Milford Hodge

No. 98, 97, 65
- Positions: Defensive end, nose tackle

Personal information
- Born: March 11, 1961 (age 65) Los Angeles, California, U.S.
- Listed height: 6 ft 3 in (1.91 m)
- Listed weight: 278 lb (126 kg)

Career information
- High school: South San Francisco (South San Francisco, California)
- College: Washington State (1981–1984)
- NFL draft: 1985: 8th round, 224th overall pick

Career history
- New England Patriots (1985–1986); New Orleans Saints (1986); New England Patriots (1986–1989); Washington Redskins (1990)*; San Francisco 49ers (1991)*; London Monarchs (1992);
- * Offseason and/or practice squad member only

Career NFL statistics
- Sacks: 3
- Fumble recoveries: 1
- Stats at Pro Football Reference

= Milford Hodge =

American football player (born 1961)

Milford Hodge (born March 11, 1961) is an American former professional football player who was a defensive lineman for four seasons in the National Football League (NFL) with the New England Patriots and New Orleans Saints. He was selected by the Patriots in the eighth round of the 1985 NFL draft. He played college football for the Washington State Cougars. Hodge also played for the London Monarchs of the World League of American Football (WLAF).

==Early life==
Milford Hodge was born on March 11, 1961, in Los Angeles, California. He attended South San Francisco High School in South San Francisco, California. He earned all-league and all-county honors as a defensive tackle his senior year. He also played center and forward on the basketball team and was a two-year starter, averaging 11 points per game as a junior and 18 points as a senior.

==College career==
Hodge played college football for the Cougars of Washington State University, spending time at both nose guard and tackle. He played sparingly during his freshman year in 1980 and was redshirted in 1981. He started four games in 1982, recording season totals of 18 solo tackles, 27 assisted tackles, 3.5 sacks, and one forced fumble. Hodge started five game in 1983, totaling three sacks on the year. As a senior in 1984, he recorded 36 solo tackles, 33 assisted tackles, and six sacks, garnering honorable mention All-Pac-10 recognition.

==Professional career==
Hodge was selected by the New England Patriots in the 8th round, with the 224th overall pick, of the 1985 NFL draft. He officially signed with the team on July 19. He was released on August 28, 1985. Hodge was signed by the Patriots again on February 24, 1986. He was placed on injured reserve on August 18 and later released on September 30, 1986.
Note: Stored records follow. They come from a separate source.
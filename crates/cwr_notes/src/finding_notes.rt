//! The lines under findings.

ghost use Rattle.std.specs.Prelude.{◌≡◌, ◌+◌, ◌<◌, ◌≤◌, length, Some, slice_get};
ghost use Rattle.std.specs.List.{flat_map};
ghost use Rattle.cwr_devices.specs.Steps.Pens.{Adds};
ghost use Rattle.cwr_notes.specs.Format.FindingNotes.{explained_finding, finding_notes, noted_at, notes_on, others};
ghost use Rattle.cwr_notes.specs.Format.WorkNames.{work_of};
ghost use Rattle.cwr_notes.specs.Steps.OtherRecords.{AreListed, HasPassed};

use crate::note_lines::{head_lines, noted_cells, tail_lines};
use crate::other_records::{OtherRecords, parties_of, positions_of};
use crate::passed::Passed;
use crate::work_lines::WorkLine;
use cwr_devices::{Pen, Target};
use cwr_fields::Kind;
use cwr_findings::{Finding, Rule, finding_line};
use cwr_lines::RecordRef;
use cwr_values::Transaction;

/// The positions of the other records of which a finding at a record speaks.
fn others(
    finding: &Finding,
    transaction: &Transaction,
    passed: &Passed,
    shown: &RecordRef<'_>,
) -> OtherRecords
    requires few { length transaction.now ≤ 100000000 }
    requires there { slice_get transaction.now finding.now.rec ≡ Some shown.now }
    requires passed { HasPassed transaction.now passed.now }
    requires at { passed.now.at ≡ finding.now.rec }
    ensures { AreListed (others finding.now.rule transaction.now finding.now.rec shown.now) result }
{
    match finding.rule {
        Rule::V1 | Rule::V10 => OtherRecords::none(),
        Rule::V2 => match shown.kind() {
            Kind::Spt => OtherRecords::of(passed.publisher),
            _ => OtherRecords::of(passed.writer),
        },
        Rule::V3 | Rule::V4 | Rule::V5 | Rule::V6 | Rule::V9 => {
            positions_of(finding.rule, transaction)
        }
        Rule::V7 => passed.publishers.copy(),
        Rule::V8 => OtherRecords::of(passed.header),
        Rule::V11 => parties_of(transaction, finding.rec),
    }
}

/// Adds the lines on those cells of a record of a transaction of which the rule speaks.
fn noted_at<W: Target>(
    first: u64,
    transaction: &Transaction,
    rule: Rule,
    position: usize,
    pen: &mut Pen<'_, W>,
)
    requires { first + length transaction.now ≤ 100000000 }
    ensures { Adds W.contents W.failures (noted_at first transaction.now rule position) pen.old pen.new }
{
    let Some(shown) = transaction.record(position) else {
        return;
    };
    noted_cells(first + position as u64, rule, &shown, pen);
}

/// Adds the lines on those cells of records of a transaction of which the rule speaks.
fn other_cells<W: Target>(
    first: u64,
    transaction: &Transaction,
    rule: Rule,
    positions: &[usize],
    pen: &mut Pen<'_, W>,
)
    requires { first + length transaction.now ≤ 100000000 }
    ensures { Adds W.contents W.failures
        (flat_map (noted_at first transaction.now rule) positions.now) pen.old pen.new }
{
    let mut i = 0;
    while let Some(position) = positions.get(i) {
        noted_at(first, transaction, rule, *position, pen);
        i += 1;
    }
}

/// Adds the lines under a finding at a record of a transaction, whose first record is on that line of the file. The line on its work is
/// that.
fn notes_on<W: Target>(
    apart: bool,
    first: u64,
    work: &WorkLine,
    transaction: &Transaction,
    finding: &Finding,
    shown: &RecordRef<'_>,
    found: &OtherRecords,
    pen: &mut Pen<'_, W>,
)
    requires few { first + length transaction.now ≤ 100000000 }
    requires work { work.now ≡ work_of transaction.now }
    requires there { finding.now.rec < length transaction.now }
    requires found { AreListed (others finding.now.rule transaction.now finding.now.rec shown.now)
        found.now }
    ensures { Adds W.contents W.failures (notes_on apart first transaction.now finding.now shown.now)
        pen.old pen.new }
{
    head_lines(first + finding.rec as u64, work, finding, shown, pen);
    other_cells(
        first,
        transaction,
        finding.rule,
        found.listed.as_slice(),
        pen,
    );
    tail_lines(apart, finding.rule, found.count, transaction, pen);
}

/// Adds the lines under a finding in a transaction, whose first record is on that line of the file. The line on its work is that.
fn finding_notes<W: Target>(
    apart: bool,
    first: u64,
    work: &WorkLine,
    transaction: &Transaction,
    finding: &Finding,
    passed: &mut Passed,
    pen: &mut Pen<'_, W>,
)
    requires few { first + length transaction.now ≤ 100000000 }
    requires work { work.now ≡ work_of transaction.now }
    requires passed { HasPassed transaction.now passed.old }
    ensures adds { Adds W.contents W.failures (finding_notes apart first transaction.now finding.now)
        pen.old pen.new }
    ensures passed { HasPassed transaction.now passed.new }
{
    let Some(shown) = transaction.record(finding.rec) else {
        return;
    };
    passed.move_to(transaction, finding.rec);
    let found = others(finding, transaction, passed, &shown);
    notes_on(
        apart,
        first,
        work,
        transaction,
        finding,
        &shown,
        &found,
        pen,
    );
}

/// Adds the line of a finding, and the lines under it. The line on the transaction's work is that.
fn explained_finding<W: Target>(
    apart: bool,
    group: u32,
    sequence: u32,
    first: u64,
    work: &WorkLine,
    transaction: &Transaction,
    finding: &Finding,
    passed: &mut Passed,
    pen: &mut Pen<'_, W>,
)
    requires few { first + length transaction.now ≤ 100000000 }
    requires work { work.now ≡ work_of transaction.now }
    requires passed { HasPassed transaction.now passed.old }
    ensures adds { Adds W.contents W.failures
        (explained_finding apart group sequence first transaction.now finding.now) pen.old pen.new }
    ensures passed { HasPassed transaction.now passed.new }
{
    finding_line(group, sequence, finding, pen);
    finding_notes(apart, first, work, transaction, finding, passed, pen);
}

/// Adds the lines of findings in a transaction, and the lines under them. The transaction's first record is on that line of the file.
/// Where they stand apart, an empty line follows each.
pub fn all_explained<W: Target>(
    apart: bool,
    group: u32,
    sequence: u32,
    first: u64,
    transaction: &Transaction,
    found: &[Finding],
    pen: &mut Pen<'_, W>,
)
    requires { first + length transaction.now ≤ 100000000 }
    ensures { Adds W.contents W.failures
        (flat_map (explained_finding apart group sequence first transaction.now) found.now) pen.old
        pen.new }
{
    let work = WorkLine::of(transaction);
    let mut passed = Passed::none();
    let mut i = 0;
    while let Some(finding) = found.get(i) {
        explained_finding(
            apart,
            group,
            sequence,
            first,
            &work,
            transaction,
            finding,
            &mut passed,
            pen,
        );
        i += 1;
    }
}
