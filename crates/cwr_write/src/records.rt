//! From the members of an object to a record.

ghost use Rattle.std.specs.Prelude.{◌≡◌, ◌&&◌, ◌++◌, ℕ, ◌<◌, ◌≤◌, List, Bool, true, false, if◌then◌else◌, length, take, Some, None, IfErr, IfOk, MatchOption};
ghost use Rattle.std.specs.Prelude.{OnErr, OnOk};
ghost use Rattle.std.specs.Str.{bytes_eq};
ghost use Rattle.json.specs.Json.{Members, no_members, string};
ghost use Rattle.json.specs.Value.{members_view, value_view};
ghost use Rattle.cwr_fields.specs.Format.Kinds.{letters};
ghost use Rattle.cwr_fields.specs.Format.Layouts.{FieldLayout, field_at};
ghost use Rattle.cwr_lines.specs.Format.Records.{IsRecord, RecordValue};
ghost use Rattle.cwr_lines.specs.Format.Carried.{Sets, carried_at};
ghost use Rattle.cwr_json.specs.declared.encodings.Encoding.{Encoding};
ghost use Rattle.cwr_json.specs.Format.Encodings.{StandFor, are_read_as_is, byte_by_byte, character};
ghost use Rattle.cwr_json.specs.Format.Forms.{IsDataOf, IsRecordData, first_of, is_note, kind_key, says, told};
ghost use Rattle.cwr_write.specs.Format.Faults.{AreBytes, IsKindReason, IsMemberReason, IsOfData, IsRecordReason, IsValueReason};
ghost use Rattle.cwr_write.specs.Steps.Filling.{FillsOn, FitsField, IsBytesReason, IsDraftReason, IsFilled, IsFirstByte, IsReasonOfFilled, IsTextOf, NoneFrom, OfFilled};
ghost use Rattle.cwr_write.specs.Steps.Filling.{joined, with_last, with_told};

use crate::keys::field_of_key;
use crate::refusals::{Key, LineFault, Why, text_key};
use arrayvec::ArrayVec;
use cwr_fields::{Kind, field};
use cwr_json::{Encoding, has_escape};
use cwr_lines::{Draft, DraftFault, Record, SetFault};
use json::Value;

/// The members of an object.
pub(crate) type MemberList<'a> = Vec<(&'a str, Value<'a>)>;

/// Whether a key is that of a note.
fn is_note(key: &[u8]) -> bool
    ensures { result ≡ is_note key.now }
{
    match key {
        [] => false,
        [first, ..] => *first == b'_',
    }
}

/// Whether a member says something: its value isn't null, and it is no note.
pub(crate) fn says(key: &str, value: &Value<'_>) -> bool
    ensures { result ≡ says key.now (value_view value.now) }
{
    !value.is_null() && !is_note(key.as_bytes())
}

/// Whether a member names the kind of its record.
fn names_kind(key: &str, value: &Value<'_>) -> bool
    ensures { result ≡ (says key.now (value_view value.now) && bytes_eq key.now kind_key) }
{
    says(key, value) && key == "record_type"
}

/// The kind that a value names.
fn kind_of(value: &Value<'_>) -> Result<Kind, Why>
    ensures ok { IfOk result (λ kind. value_view value.now ≡ string (letters kind)) }
    ensures err { OnErr result ((kind : Kind) → ¬ (value_view value.now ≡ string (letters kind))) }
    ensures why { IfErr result IsOfData }
    ensures reason { IfErr result (IsKindReason (Some (value_view value.now))) }
{
    let Some(text) = value.as_str() else {
        return Err(Why::NotText);
    };
    match Kind::of(text.as_bytes()) {
        Some(kind) => Ok(kind),
        None => Err(Why::UnknownKind),
    }
}
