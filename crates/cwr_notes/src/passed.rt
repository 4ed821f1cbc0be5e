//! What the records before one leave behind, of which a finding at it may speak.

ghost use Rattle.std.specs.Prelude.{◌≡◌, ◌+◌, ◌<◌, ◌≤◌, List, Some, length, slice_get};
ghost use Rattle.cwr_lines.specs.Format.Records.{RecordValue};
ghost use Rattle.cwr_notes.specs.Steps.OtherRecords.{HasPassed};

use crate::other_records::OtherRecords;
use cwr_fields::Kind;
use cwr_lines::RecordRef;
use cwr_values::Transaction;

/// What the first records of a transaction leave behind.
#[derive(Drop)]
pub(crate) struct Passed {
    /// How many records they are.
    pub(crate) at: usize,
    /// The places of the SPU records.
    pub(crate) publishers: OtherRecords,
    /// That of the last of them.
    pub(crate) publisher: Option<usize>,
    /// That of the last SWR.
    pub(crate) writer: Option<usize>,
    /// That of the header of a work.
    pub(crate) header: Option<usize>,
}

impl Passed {
    /// Before the first record.
    pub(crate) fn none() -> Passed
        ensures passed { (t : List RecordValue) → HasPassed t result }
        ensures at { result.at ≡ 0 }
    {
        Passed {
            at: 0,
            publishers: OtherRecords::none(),
            publisher: None,
            writer: None,
            header: None,
        }
    }

    /// Passes the record that stands after those passed.
    fn pass(&mut self, shown: &RecordRef<'_>)
        requires counted { self.old.publishers.count ≤ self.old.at }
        requires few { self.old.at < 100000000 }
        ensures at { self.new.at ≡ self.old.at + 1 }
        ensures passed { (t : List RecordValue) → slice_get t self.old.at ≡ Some shown.now
            → HasPassed t self.old → HasPassed t self.new }
    {
        let at = self.at;
        self.at = at + 1;
        match shown.kind() {
            Kind::Spu => {
                self.publishers.add(at);
                self.publisher = Some(at);
            }
            Kind::Swr => self.writer = Some(at),
            Kind::Nwr | Kind::Rev => self.header = Some(at),
            _ => {}
        }
    }

    /// Begins again, where records from the place on were passed.
    fn begin_before(&mut self, place: usize)
        ensures at { self.new.at ≤ place }
        ensures passed { (t : List RecordValue) → HasPassed t self.old → HasPassed t self.new }
    {
        if place < self.at {
            *self = Passed::none();
        }
    }

    /// Has just the records before the place passed.
    pub(crate) fn move_to(&mut self, transaction: &Transaction, place: usize)
        requires few { length transaction.now ≤ 100000000 }
        requires within { place < length transaction.now }
        requires passed { HasPassed transaction.now self.old }
        ensures at { self.new.at ≡ place }
        ensures passed { HasPassed transaction.now self.new }
    {
        self.begin_before(place);
        for at in self.at..place {
            let Some(shown) = transaction.record(at) else {
                return;
            };
            self.pass(&shown);
        }
    }
}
Hodge signed with the New Orleans Saints on October 10, 1986, and played in one game before being released on October 14, 1986.

He re-signed with the Patriots on November 14, 1986. He then played in six games for the Patriots that year, recording one sack. Hodge also appeared in one playoff game that year. He was released on September 7, 1987, and re-signed the next day. He appeared in 12 games during the 1987 season, missing three games due to the 1987 NFL players strike, and made one sack. He became a free agent after the season and re-signed with the Patriots on April 26, 1988. Hodge played in 15 games, starting seven, in 1988, totaling one sack and one fumble recovery. He appeared in all 16 games, starting one, in 1989 and returned two kicks for 19 yards. He became a free agent again after the 1989 season.

Hodge was signed by the Washington Redskins on March 15, 1990. He was released on September 3, 1990.

Hodge signed with the San Francisco 49ers on May 3, 1991. He was released on August 20, 1991.

Hodge played for the London Monarchs of the World League of American Football in 1992 and recorded one interception.